I have, as I've gotten older and learned to be a better human being, realized how a girl could be helpless in those situations, how they could be paralyzed or weary or resigned. But it's still a profound culture shock to me, in the way that a dinner guest suggesting that we eat the family pet would be.

I read a great analogy somewhere about the disconnect between 1. people who view sex as a product or service provided by women to men and 2. people who view sex as an enjoyable collboration such as play or music. I've learned to live in a world where my body can be and is interpreted as property or the source of a commodity, but the first, foremost, and inherently primal reaction I have is violence directed outward. What the fuck, dude, we're here to have FUN, which is MUTUAL and not this CREEPY POWER SHIT.

I don't lean away and ignore that crap, because that in itself is acquiesence to a bidding process. "If I keep talking, if I annoy her enough, if I make it the price she has to pay to get me to stop..."

That's coercion. And it makes me irrationally angry. (You may or may not remember the incident in Boston with the dude with the camera, who quite likely shit a brick because--borderline autistic or not--I was debating if I could/whether I should destroy his camera and I think he actually grokked that.) Because I missed the part of female socialization where I have to be nice and make everyone feel good despite myself--most of that baggage was heaved overboard three generations back, and the last carry-on was pitched by my grandmother when she booted my grandfather's sorry drunk ass out the door. We really don't care if we're seen as bitches. Better a bitch than a doormat or a slave. We try to be good people, but we won't eat shit to prove it.

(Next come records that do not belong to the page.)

// Reads a survey text and the printed plan behind it on standard input, and prints what the plan is worth: `passed`,
// terminals, cost and bound as the checker finds them, or the refusal. All between reading and writing is
// `text_verify::verify_whole`; a text longer than the buffer does not pass (`passed_cut`). Where the figures show it,
// and could be written, it says on standard error that no cheaper plan exists (`format_plan::remark`).
#![tactic(auto)]

ghost use Rattle.std.specs.Prelude.{◌≡◌, OnOk, length};
ghost use Rattle.base_limits.specs.Limits.{verify_room};
ghost use Rattle.text_verify.specs.Output.{verify_output};
ghost use Rattle.format_plan.specs.Remark.{remark_on};
ghost use Rattle.program_io.specs.Prints.{Prints};

use base_limits::VERIFY_ROOM;
use std::io;
use std::io::{Read, Write};

// Bytes for every survey's text with a plan's behind it.
fn room() -> [u8; VERIFY_ROOM]
    ensures { length result ≡ verify_room }
{
    [0; VERIFY_ROOM]
}

// What the program does, from its input to its outputs.
fn run<R: Read, W: Write, E: Write>(input: &mut R, output: &mut W, errors: &mut E) -> io::Result<()>
    ensures output { OnOk result (Prints verify_room verify_output (R.remaining input.old) (W.contents output.old) (W.contents output.new)) }
    ensures errors { OnOk result (Prints verify_room (λ t. remark_on (verify_output t) 7) (R.remaining input.old) (E.contents errors.old) (E.contents errors.new)) }
{
    let mut bytes = room();
    let got = program_io::read_full(input, &mut bytes)?;
    let mut out = text_verify::findings_buffer();
    let printed = text_verify::verify_whole(&bytes[..got], &mut out);
    let said = format_plan::remark::remark(&out[..printed], text_verify::FIGURES_FROM);
    let line = format_plan::remark::REMARK;
    output.write_all(&out[..printed])?;
    errors.write_all(&line[..said])
}

fn main(rt: HostRuntime) -> io::Result<()> {
    run(&mut rt.stdin(), &mut rt.stdout(), &mut rt.stderr())
}
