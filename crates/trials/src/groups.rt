// Groups on tables of several shapes, on simulated networks whose instruments all invert zeros at first.
use crate::setup::{INVERTS, LOST, network_of};
use refusal::{Refusal, ScanFault, TableFault};
use simulator::Simulator;
use std::alloc::Global;
use std::iter;
use std::process::Abort;
use std::test::Fail;
use table::{Record, check_table};
use translator::{Applied, control, data};

// An order of a group: a number, and whether it is written.
#[derive(Clone, Copy)]
struct Order(usize, bool);

const UNWRITTEN: u8 = 0xA5;

// A network whose instruments all invert and hold zeros.
fn inverting(heap: Global, records: &[Record]) -> Result<Simulator, Fail> {
    let settings = vec![in heap; INVERTS; records.len()]?;
    let cells = records.iter().fold(
        0usize,
        |cells, record| cells.saturating_add(usize::from(record.length)),
    );
    let zeros = vec![in heap; b'0'; cells]?;
    network_of(heap, records, settings.as_slice(), zeros.as_slice())
}

fn three(excluded: bool) -> [Record; 3] {
    let mut records = [Record::instrument(1, 8); 3];
    records[2].excluded = excluded;
    records
}

// SIB 3 is a doorway, SIB 2 stands behind it, SIB 1 beside it.
fn nested() -> [Record; 3] {
    [
        Record::instrument(1, 2),
        Record::instrument(2, 4),
        Record::doorway(1),
    ]
}

fn send(
    table: &mut [Record],
    network: &mut Simulator,
    orders: &[Order],
    sent: &[u8],
    reply: &mut [u8],
) -> Result<Applied, Refusal> {
    for Order(number, write) in orders {
        control(table, *number, *write)?;
    }
    data(table, network, sent, reply)
}

// The answer's refusal, or the bits shifted; and the bytes of the reply, after which the buffer must stay as it was.
fn check_answer(
    rt: &impl Abort,
    answer: Result<Applied, Refusal>,
    shifted: Result<u64, Refusal>,
    reply: &[u8],
    bytes: &[u8],
) {
    let answer = answer.map(|applied| (applied.shifted, applied.reply));
    assert_eq!(rt; answer, shifted.map(|shifted| (shifted, bytes.len())));
    let wanted = bytes.iter().chain(iter::repeat(&UNWRITTEN));
    for (byte, wanted) in reply.iter().zip(wanted) {
        assert_eq!(rt; *byte, *wanted);
    }
}

fn check_group(
    rt: &impl Abort,
    heap: Global,
    table: &mut [Record],
    orders: &[Order],
    sent: &[u8],
    shifted: u64,
    bytes: &[u8],
) -> Result<(), Fail> {
    let mut network = inverting(heap, table)?;
    let mut reply = [UNWRITTEN; 9];
    let answer = send(table, &mut network, orders, sent, &mut reply);
    check_answer(rt, answer, Ok(shifted), &reply, bytes);
    Ok(())
}

#[test]
fn replies_and_bit_counts(rt: HostRuntime) -> Result<(), Fail> {
    let heap = rt.alloc();
    let group = [Order(1, true), Order(3, false)];
    check_group(
        &rt,
        heap,
        &mut three(false),
        &group,
        &[0xFF],
        22,
        &[0xFF, 0, 0],
    )?;
    check_group(
        &rt,
        heap,
        &mut three(true),
        &group,
        &[0xFF],
        14,
        &[0, 3, 0, 2],
    )?;
    check_group(
        &rt,
        heap,
        &mut three(true),
        &[Order(3, false)],
        &[],
        0,
        &[0, 3, 0, 2],
    )?;
    check_group(
        &rt,
        heap,
        &mut nested(),
        &[Order(2, true), Order(1, false)],
        &[0xA0],
        14,
        &[0xC0, 0, 0],
    )?;
    check_group(
        &rt,
        heap,
        &mut nested(),
        &[Order(1, false)],
        &[],
        6,
        &[0xC0, 0, 0],
    )
}

#[test]
fn the_bits_of_an_excluded_write_are_skipped(rt: HostRuntime) -> Result<(), Fail> {
    let heap = rt.alloc();
    let mut table = three(true);
    let mut network = inverting(heap, &table)?;
    let mut reply = [UNWRITTEN; 9];
    let answer = send(
        &mut table,
        &mut network,
        &[Order(3, true), Order(1, true)],
        &[0x0F, 0xF0],
        &mut reply,
    );
    check_answer(&rt, answer, Ok(14), &reply, &[0, 3, 0, 2]);
    let mut reply = [UNWRITTEN; 9];
    let answer = send(
        &mut table,
        &mut network,
        &[Order(1, false)],
        &[],
        &mut reply,
    );
    check_answer(&rt, answer, Ok(14), &reply, &[0x0F, 0, 0]);
    Ok(())
}

#[test]
fn refused_groups_stay_chosen(rt: HostRuntime) -> Result<(), Fail> {
    let heap = rt.alloc();
    let mut table = [Record::instrument(1, 6), Record::instrument(1, 3)];
    let mut network = inverting(heap, &table)?;
    let mut reply = [UNWRITTEN; 9];
    let answer = send(&mut table, &mut network, &[], &[0], &mut reply);
    check_answer(&rt, answer, Err(Refusal::NothingChosen), &reply, &[]);
    let answer = send(
        &mut table,
        &mut network,
        &[Order(2, true), Order(1, true)],
        &[0],
        &mut reply,
    );
    check_answer(&rt, answer, Err(Refusal::DataLength), &reply, &[]);
    let mut small = [UNWRITTEN; 1];
    let answer = data(&mut table, &mut network, &[0xFF, 0x80], &mut small);
    check_answer(
        &rt,
        answer,
        Err(Refusal::TooSmall { needed: 2 }),
        &small,
        &[],
    );
    assert_eq!(rt; control(&mut table, 1, true), Err(Refusal::AlreadyChosen));
    Ok(())
}

#[test]
fn a_lost_group_leaves_zeros_and_its_choice(rt: HostRuntime) -> Result<(), Fail> {
    let heap = rt.alloc();
    let mut table = three(false);
    let mut network = inverting(heap, &table)?;
    let mut reply = [UNWRITTEN; 9];
    network.pull_cable(true);
    let answer = send(
        &mut table,
        &mut network,
        &[Order(1, true), Order(3, false)],
        &[0xFF],
        &mut reply,
    );
    check_answer(&rt, answer, Err(Refusal::Scan(LOST)), &reply, &[0, 0, 0]);
    network.pull_cable(false);
    let answer = data(&mut table, &mut network, &[0xFF], &mut reply);
    check_answer(&rt, answer, Ok(22), &reply, &[0xFF, 0, 0]);
    Ok(())
}

// Doorways of depth 1 to `depth` - 1, and an instrument behind the last.
fn chain(heap: Global, depth: u8) -> Result<Vec<Record>, Fail> {
    let mut records = vec![in heap; Record::instrument(depth, 1)]?;
    for level in (1..depth).rev() {
        records.push(Record::doorway(level))?;
    }
    Ok(records)
}

#[test]
fn tables_reach_eight_deep(rt: HostRuntime) -> Result<(), Fail> {
    let heap = rt.alloc();
    let mut deepest = chain(heap, 8)?;
    // The paths of the passes have 1 to 8 cells, and the last one 9.
    check_group(
        &rt,
        heap,
        deepest.as_mut_slice(),
        &[Order(1, false)],
        &[],
        45,
        &[0x80, 0, 0],
    )?;
    let too_deep = chain(heap, 9)?;
    assert_eq!(rt;
        check_table(too_deep.as_slice()),
        Err(TableFault::Broken { number: 1 })
    );
    Ok(())
}

#[test]
fn refusals_have_their_numbers(rt: HostRuntime) -> Result<(), Fail> {
    let numbers = [
        (Refusal::Table(TableFault::Broken { number: 1 }), 2),
        (Refusal::AlreadyChosen, 5),
        (Refusal::NothingChosen, 6),
        (Refusal::DataLength, 7),
        (Refusal::TooSmall { needed: 2 }, 8),
        (Refusal::Scan(LOST), 9),
        (Refusal::Scan(ScanFault::WrongPhase), 14),
    ];
    for (refusal, number) in numbers {
        assert_eq!(rt; refusal.number(), number);
    }
    Ok(())
}
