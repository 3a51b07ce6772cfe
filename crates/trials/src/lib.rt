// Whole texts against the lines that they must print, single groups against the replies and bit counts that are worked out by
// hand, and the simulated network call by call.
#![tactic(auto)]

use script::run_text;
use std::alloc::{AllocError, Global};

// What the program prints of a text.
pub fn printed(heap: Global, text: &[u8]) -> Result<String, AllocError> {
    let mut out = String::new(heap);
    for line in run_text(heap, text)?.iter() {
        writeln!(out, "{line}")?;
    }
    Ok(out)
}

#[cfg(test)]
mod groups;
#[cfg(test)]
mod networks;
#[cfg(test)]
mod setup;

#[cfg(test)]
mod tests {
    use super::*;
    use std::process::Abort;
    use std::test::Fail;

    fn check_texts(rt: &impl Abort, heap: Global, cases: &[(&[u8], &str)]) -> Result<(), Fail> {
        for (text, lines) in cases {
            let out = printed(heap, text)?;
            assert_eq!(rt; out.as_str(), *lines, "{}", lines);
        }
        Ok(())
    }

    #[test]
    fn groups_are_sent_and_answered(rt: HostRuntime) -> Result<(), Fail> {
        check_texts(
            &rt,
            rt.alloc(),
            &[
                (
                    b"iWrite i1 0b11111111; iGet i3; iApply; iGet i1; iApply;",
                    "C 40 01 00 03 80 01 FF\nR FF 00 00\nC 00 01 80 00\nR 00 00 00\n",
                ),
                // Data bits go by number, the highest first, whatever the order of the words.
                (
                    b"iWrite i1 0b00001111; iWrite i3 0b10100101; iApply; iGet i3; iGet i2; iGet i1; iApply;",
                    "C 40 01 40 03 80 02 A5 0F\nR 00 00\nC 00 03 00 02 00 01 80 00\nR 5A FF F0 00 00\n",
                ),
                // A read leaves ones behind.
                (
                    b"iGet i2; iApply; iGet i2; iApply;",
                    "C 00 02 80 00\nR FF 00 00\nC 00 02 80 00\nR 00 00 00\n",
                ),
                // A group that is not applied prints nothing.
                (b"iGet i1; iWrite i2 0b00000000;", ""),
                (b"iGet i2; iApply; iGet i1;", "C 00 02 80 00\nR FF 00 00\n"),
                (b"", ""),
            ],
        )
    }

    #[test]
    fn blanks_stand_between_words_only(rt: HostRuntime) -> Result<(), Fail> {
        check_texts(
            &rt,
            rt.alloc(),
            &[
                (b" \n \n", ""),
                (
                    b"\n  iWrite \n i1\n\n0b11111111;iGet  i3;\niApply;\n",
                    "C 40 01 00 03 80 01 FF\nR FF 00 00\n",
                ),
                (b"iGet i1 ;", "E 10 0\n"),
                (b"iApply\n;", "E 10 0\n"),
                (b"iGeti1;", "E 10 0\n"),
                (b"iGet i 1;", "E 10 0\n"),
                (b"iGet\ti1;", "E 10 0\n"),
                (b"iGet i1;\r\n", "E 10 8\n"),
                (b"iWrite i1 0b 11111111;", "E 10 0\n"),
                (b"iWrite i10b11111111;", "E 10 0\n"),
            ],
        )
    }

    #[test]
    fn the_first_refusal_ends_a_text(rt: HostRuntime) -> Result<(), Fail> {
        check_texts(
            &rt,
            rt.alloc(),
            &[
                (b"iGet i4;", "E 4 0\n"),
                (b" iGet i1; iGet i1;", "E 5 10\n"),
                (b"iGet i1; iWrite i1 0b1;", "E 5 9\n"),
                (b"\niApply;", "E 6 1\n"),
                (
                    b"iGet i1; iApply; iApply;",
                    "C 00 01 80 00\nR FF 00 00\nE 6 17\n",
                ),
                (b"iWrite i1 0b1;", "E 11 0\n"),
                (b"iWrite i1 0b111111111;", "E 11 0\n"),
                (b"iWrite i4 0b1;", "E 4 0\n"),
                (b"iGet i4; iWrote;", "E 4 0\n"),
                (b"iGet i1; iGet", "E 10 9\n"),
                (b"iWrote;", "E 10 0\n"),
                (b"\x00", "E 10 0\n"),
                (b"iGet i1;\xFF\xFE", "E 10 8\n"),
                (b"iGet i\xC2\xA01;", "E 10 0\n"),
            ],
        )
    }

    #[test]
    fn numbers_have_no_leading_zero_and_never_wrap(rt: HostRuntime) -> Result<(), Fail> {
        check_texts(
            &rt,
            rt.alloc(),
            &[
                (b"iGet i;", "E 10 0\n"),
                (b"iGet i0;", "E 10 0\n"),
                (b"iGet i01;", "E 10 0\n"),
                (b"iGet i16382;", "E 4 0\n"),
                (b"iGet i65537;", "E 4 0\n"),
                (b"iGet i4294967297;", "E 4 0\n"),
                (b"iGet i18446744073709551615;", "E 4 0\n"),
                (b"iGet i18446744073709551617;", "E 4 0\n"),
                (b"iGet i36893488147419103233;", "E 4 0\n"),
                (b"iWrite i1 0b;", "E 10 0\n"),
                (b"iWrite i1 0b12;", "E 10 0\n"),
            ],
        )
    }

    // So many blanks, and a statement of eight bytes that is refused.
    fn padded(heap: Global, blanks: usize) -> Result<Vec<u8>, Fail> {
        let mut text = vec![in heap; b' '; blanks]?;
        text.extend_from_slice(b"iGet i4;")?;
        Ok(text)
    }

    #[test]
    fn a_text_has_at_most_4096_bytes(rt: HostRuntime) -> Result<(), Fail> {
        let heap = rt.alloc();
        let longest = padded(heap, 4_088)?;
        check_texts(&rt, heap, &[(longest.as_slice(), "E 4 4088\n")])?;
        let too_long = padded(heap, 4_089)?;
        check_texts(&rt, heap, &[(too_long.as_slice(), "E 8 0\n")])
    }
}
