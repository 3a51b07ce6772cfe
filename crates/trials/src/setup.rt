// What the tests of several modules set up.
use refusal::{Loss, ScanFault};
use simulator::{Offer, Setting, Simulator};
use std::alloc::{AllocError, Global};
use std::test::Fail;
use table::Record;

pub(crate) const KEEPS: Setting = Setting {
    offer: Offer::Keeps,
    fault: None,
};

pub(crate) const INVERTS: Setting = Setting {
    offer: Offer::Inverts,
    fault: None,
};

// The network itself lost a call.
pub(crate) const LOST: ScanFault = ScanFault::Lost(Loss::Network { passed: 0 });

// The bits of binary digits; blanks part them for the eye.
pub(crate) fn bits_of(heap: Global, digits: &[u8]) -> Result<Vec<bool>, AllocError> {
    digits
        .iter()
        .filter(|digit| **digit != b' ')
        .map(|digit| *digit == b'1')
        .collect(heap)
}

// A network that holds digits at first.
pub(crate) fn network_of(
    heap: Global,
    records: &[Record],
    settings: &[Setting],
    held: &[u8],
) -> Result<Simulator, Fail> {
    let bits = bits_of(heap, held)?;
    Ok(Simulator::new(heap, records, settings, bits.as_slice())?)
}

This is new ground for women, for how we raise them and what we expect of them. Even with a practical feminism rooted in 1917 in my female line, it's a tough line to walk, and sometimes a dangerous thing to act in accordance with thinking you're a full human being when society makes different assumptions. To be angry and lash out when the script is to be meek and self-effacing. To figure out *how* to be aggressive and effective, when girls aren't put through the same playground schools and bootcamps as boys, aren't really allowed to *be* angry, much less *how* to be angry *well*.

This is the way I'm wired, so I've had to figure it out ad-hoc, and while I cultivate this reaction because I believe personal physical sovereignty is fundamental to all human rights (and as a small woman I have a lot of misapprehensions to counter right off the bat), it's only luck and surprise that have kept me from being seriously hurt in situations that, in retrospect, a more sagacious female would have avoided.